Spark and Shark are interesting alternatives to MapReduce and Hive. At a high level:
- Rather than persisting data to disk after every step, as MapReduce does, Spark instead writes to something called RDDs (Resilient Distributed Datasets), which can live in memory.
- Rather than being restricted to maps and reduces, Spark has more numerous primitive operations, including map, reduce, sample, join, and group-by. You can do these more or less in any order. All the primitives are parallel with respect to the RDDs.
- Shark is a lot like Hive, only rewritten (in significant parts) and running over Spark.
- There’s an approach to launching tasks quickly — ~5 milliseconds or so — that I unfortunately didn’t grasp.
The key concept here seems to be the RDD. Any one RDD:
- Is a collection of Java objects, which should have the same or similar structure.
- Can be partitioned/distributed and shuffled/redistributed across the cluster.
- Doesn’t have to be entirely in memory at once.
Otherwise, there’s a lot of flexibility; an RDD can be a set of tuples, a collection of XML documents, or whatever other reasonable kind of dataset you want. And I gather that:
- At the moment, RDDs expire at the end of a job.
- This restriction will be lifted in a future release.
Just like MapReduce, Spark wants to be fault-tolerant enough to work on clusters of dubiously-reliable hardware. Unlike MapReduce, Spark doesn’t persist intermediate result sets (unless they’re too large to fit into RAM). Rather, Spark’s main fault-tolerance strategy is:
- RDDs are written by single operations (typically executed in a distributed fashion).
- If there’s a failure, the operation is replayed over the portion of the data that was on the affected node.
Further, Reynold Xin emailed:
Spark [supports] speculative execution for dealing with stragglers. Speculation is particularly important for low-latency jobs, which are common in Spark.
Shark borrows a lot of Hive code to do what Hive does, only over Spark.
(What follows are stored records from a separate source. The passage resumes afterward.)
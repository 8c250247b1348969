//! The loop of the audio thread: for each block that the device asks for, one whole state, its clicks, and the commits of the block.

ghost use Rattle.std.specs.Prelude.{◌≡◌, ◌≤◌, ◌<◌, ◌+◌, ◌^◌, [], ◌∷◌, length, map, not, All, Option, Some, vec_capacity};
ghost use Rattle.client_state.specs.Commit.{IsTidyCommit};
ghost use Rattle.client_state.specs.Shown.{shown_over};
ghost use Rattle.client_state.specs.State.{IsTidyState};
ghost use Rattle.lk_base.specs.Ranges.{IsMoment};
ghost use Rattle.lk_outside.specs.Audio.{AudioContents};
ghost use Rattle.link_shared.specs.Audio.{AudioView};
ghost use Rattle.link_script.specs.LiveScript.{IsAct, IsCommand, block as block_command};
ghost use Rattle.link_live.specs.AudioRun.{IsAudioRun, HasAudioCause, acts_in};
ghost use Rattle.link_live.specs.PlayingRun.{AfterBlock, HasBlockCause, HasCommitted, IsPlaying, IsShownWith};

use crate::edit::commit_of;
use audio_handoff::StateCell;
use client_state::{Commit, Own, State, shown};
use link_script::{BlockCommand, LiveScript};
use link_shared::{AudioPass, Capture, Link, LinkName};
use lk_base::Clicks;
use lk_outside::{Audio, Next, Played};

/// What the audio thread did, in order.
#[derive(Debug, Drop)]
pub struct AudioReport {
    /// For each block that the device gave, what was captured.
    pub reads: Vec<Capture>,
    /// The commits made.
    pub commits: Vec<Commit>,
    /// For each block played, its clicks.
    pub plays: Vec<Clicks>,
}

/// Plays at most `blocks` blocks, as the device asks for them: for each it captures a state, plays the clicks of what is shown, with
/// the accents of its quantum, and then makes the commits of the script's commands for that block, which count from 1. It ends where
/// the device is closed or fails, and answers false where it has failed.
///
/// Waits: in the device. Memory: none.
pub fn audio_loop<C: StateCell<11, Way = ()>, N: LinkName, A: Audio>(
    link: &Link<C, N>,
    pass: &mut AudioPass<C, N>,
    audio: &mut A,
    script: &LiveScript,
    blocks: u64,
    report: &mut AudioReport,
) -> bool
    requires commands { All (λ command. IsCommand (block_command command)) script.now.blocks.items }
    requires numbers { length pass.old.made + length script.now.blocks.items < 2 ^ 60 }
    requires empty { (report.old.reads.items ≡ []) × (report.old.commits.items ≡ []) × (report.old.plays.items ≡ []) }
    requires room { (blocks ≤ vec_capacity report.old.reads) × (blocks ≤ vec_capacity report.old.plays) }
    requires room_for_commits { length script.now.blocks.items ≤ vec_capacity report.old.commits }
    ensures run { IsAudioRun blocks script.now.blocks.items pass.old pass.new (A.seen audio.old).told (A.seen audio.new).told
        report.new.reads.items report.new.commits.items (map (λ clicks. clicks.items) report.new.plays.items) (not result) }
    ensures cause { HasAudioCause (A.seen audio.old).faults (A.seen audio.new).faults result }
{
    let mut played = 0;
    while played < blocks {
        match audio_block(link, pass, audio, &script.blocks, played + 1, report) {
            BlockEnd::Played => played += 1,
            BlockEnd::Closed => return true,
            BlockEnd::Failed => return false,
        }
    }
    true
}

// How a block ended.
#[derive(Clone, Copy, Debug, PartialEq, Eq)]
enum BlockEnd {
    Played,
    // No block is left.
    Closed,
    // The device failed.
    Failed,
}

// The block of a number: one capture, its clicks, and its commits once it was played. Waits: in the device. Memory: none.
fn audio_block<C: StateCell<11, Way = ()>, N: LinkName, A: Audio>(
    link: &Link<C, N>,
    pass: &mut AudioPass<C, N>,
    audio: &mut A,
    commands: &[BlockCommand],
    number: u64,
    report: &mut AudioReport,
) -> BlockEnd
    requires commands { All (λ command. IsCommand (block_command command)) commands.now }
    requires numbers { length pass.old.made + length (acts_in number commands.now) < 2 ^ 60 }
    requires room { (length report.old.reads.items < vec_capacity report.old.reads)
        × (length report.old.plays.items < vec_capacity report.old.plays) }
    requires room_for_commits { length report.old.commits.items + length (acts_in number commands.now) ≤ vec_capacity report.old.commits }
    ensures run { (first : AudioView) (told : Option AudioContents)
        → IsPlaying commands.now number first pass.old told (A.seen audio.old).told
        report.old.reads.items report.old.commits.items (map (λ clicks. clicks.items) report.old.plays.items)
        → AfterBlock result commands.now number first pass.new told (A.seen audio.new).told
        report.new.reads.items report.new.commits.items (map (λ clicks. clicks.items) report.new.plays.items) }
    ensures cause { HasBlockCause (A.seen audio.old).faults (A.seen audio.new).faults result }
    ensures capacity { (vec_capacity report.new.reads ≡ vec_capacity report.old.reads)
        × (vec_capacity report.new.commits ≡ vec_capacity report.old.commits)
        × (vec_capacity report.new.plays ≡ vec_capacity report.old.plays) }
{
    let block = match audio.next() {
        Next::Block(block) => block,
        Next::Closed => return BlockEnd::Closed,
        Next::Failed => return BlockEnd::Failed,
    };
    let capture = link.capture_audio(&(), pass);
    report.reads.push_reserved(capture);
    let clicks = capture.shown.clicks(block);
    match audio.play(&clicks) {
        Played::Done => {}
        Played::Failed => return BlockEnd::Failed,
    }
    report.plays.push_reserved(clicks);
    commit_block(
        link,
        pass,
        capture,
        block.start,
        commands,
        number,
        &mut report.commits,
    );
    BlockEnd::Played
}

// Makes the commits of the commands of a block at its start, each on top of those before it. Waits: no. Memory: none.
fn commit_block<C: StateCell<11, Way = ()>, N: LinkName>(
    link: &Link<C, N>,
    pass: &mut AudioPass<C, N>,
    capture: Capture,
    start: i64,
    commands: &[BlockCommand],
    number: u64,
    commits: &mut Vec<Commit>,
)
    requires moment { IsMoment start }
    requires commands { All (λ command. IsCommand (block_command command)) commands.now }
    requires numbers { length pass.old.made + length (acts_in number commands.now) < 2 ^ 60 }
    requires room { length commits.old.items + length (acts_in number commands.now) ≤ vec_capacity commits.old }
    requires shown { IsShownWith capture pass.old.made }
    requires tidy { IsTidyState capture.state × IsTidyState capture.shown }
    ensures committed { HasCommitted start number commands.now capture.state pass.old pass.new commits.old.items commits.new.items }
    ensures capacity { vec_capacity commits.new ≡ vec_capacity commits.old }
{
    let mut capture = capture;
    for command in commands {
        commit_one(link, pass, &mut capture, start, *command, number, commits);
    }
}

// Makes the commit of a command, where it is one of this block, and shows it. Waits: no. Memory: none.
fn commit_one<C: StateCell<11, Way = ()>, N: LinkName>(
    link: &Link<C, N>,
    pass: &mut AudioPass<C, N>,
    capture: &mut Capture,
    start: i64,
    command: BlockCommand,
    number: u64,
    commits: &mut Vec<Commit>,
)
    requires moment { IsMoment start }
    requires act { IsAct command.act }
    requires numbers { length pass.old.made + length (acts_in number (command ∷ [])) < 2 ^ 60 }
    requires room { length commits.old.items + length (acts_in number (command ∷ [])) ≤ vec_capacity commits.old }
    requires shown { IsShownWith capture.old pass.old.made }
    requires tidy { IsTidyState capture.old.state × IsTidyState capture.old.shown }
    ensures committed { HasCommitted start number (command ∷ []) capture.old.state pass.old pass.new
        commits.old.items commits.new.items }
    ensures shown { IsShownWith capture.new pass.new.made }
    ensures state { capture.new.state ≡ capture.old.state }
    ensures tidy { IsTidyState capture.new.shown }
    ensures capacity { vec_capacity commits.new ≡ vec_capacity commits.old }
{
    if command.block == number {
        let commit = commit_of(command.act, start, capture);
        let made = link.commit_audio(&(), pass, &commit);
        commits.push_reserved(commit);
        capture.shown = with_own(made, commit, &capture.state);
    }
}

// What is shown of a state once this commit of that number was made.
fn with_own(number: u64, commit: Commit, state: &State) -> State
    requires tidy { IsTidyState state.now }
    requires tidy_commit { IsTidyCommit commit }
    ensures value { result ≡ shown_over (Some (number, commit)) state.now.audio state.now }
    ensures tidy { IsTidyState result }
{
    let own = Own {
        last: Some((number, commit)),
    };
    shown(&own, state.audio, state)
}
Notes on Shark’s query planning include:
- Shark borrows the Hive optimizer for up-front join reordering and so on.
- Shark can dynamically re-plan work in progress to:
- Change how work is partitioned among nodes.
- Select a join algorithm appropriate for the cardinalities of intermediate result sets.
Further Shark smarts are to be added down the road.
And finally, Shark gives a columnar storage format to its RDDs, which hasalready been discussed on this blog.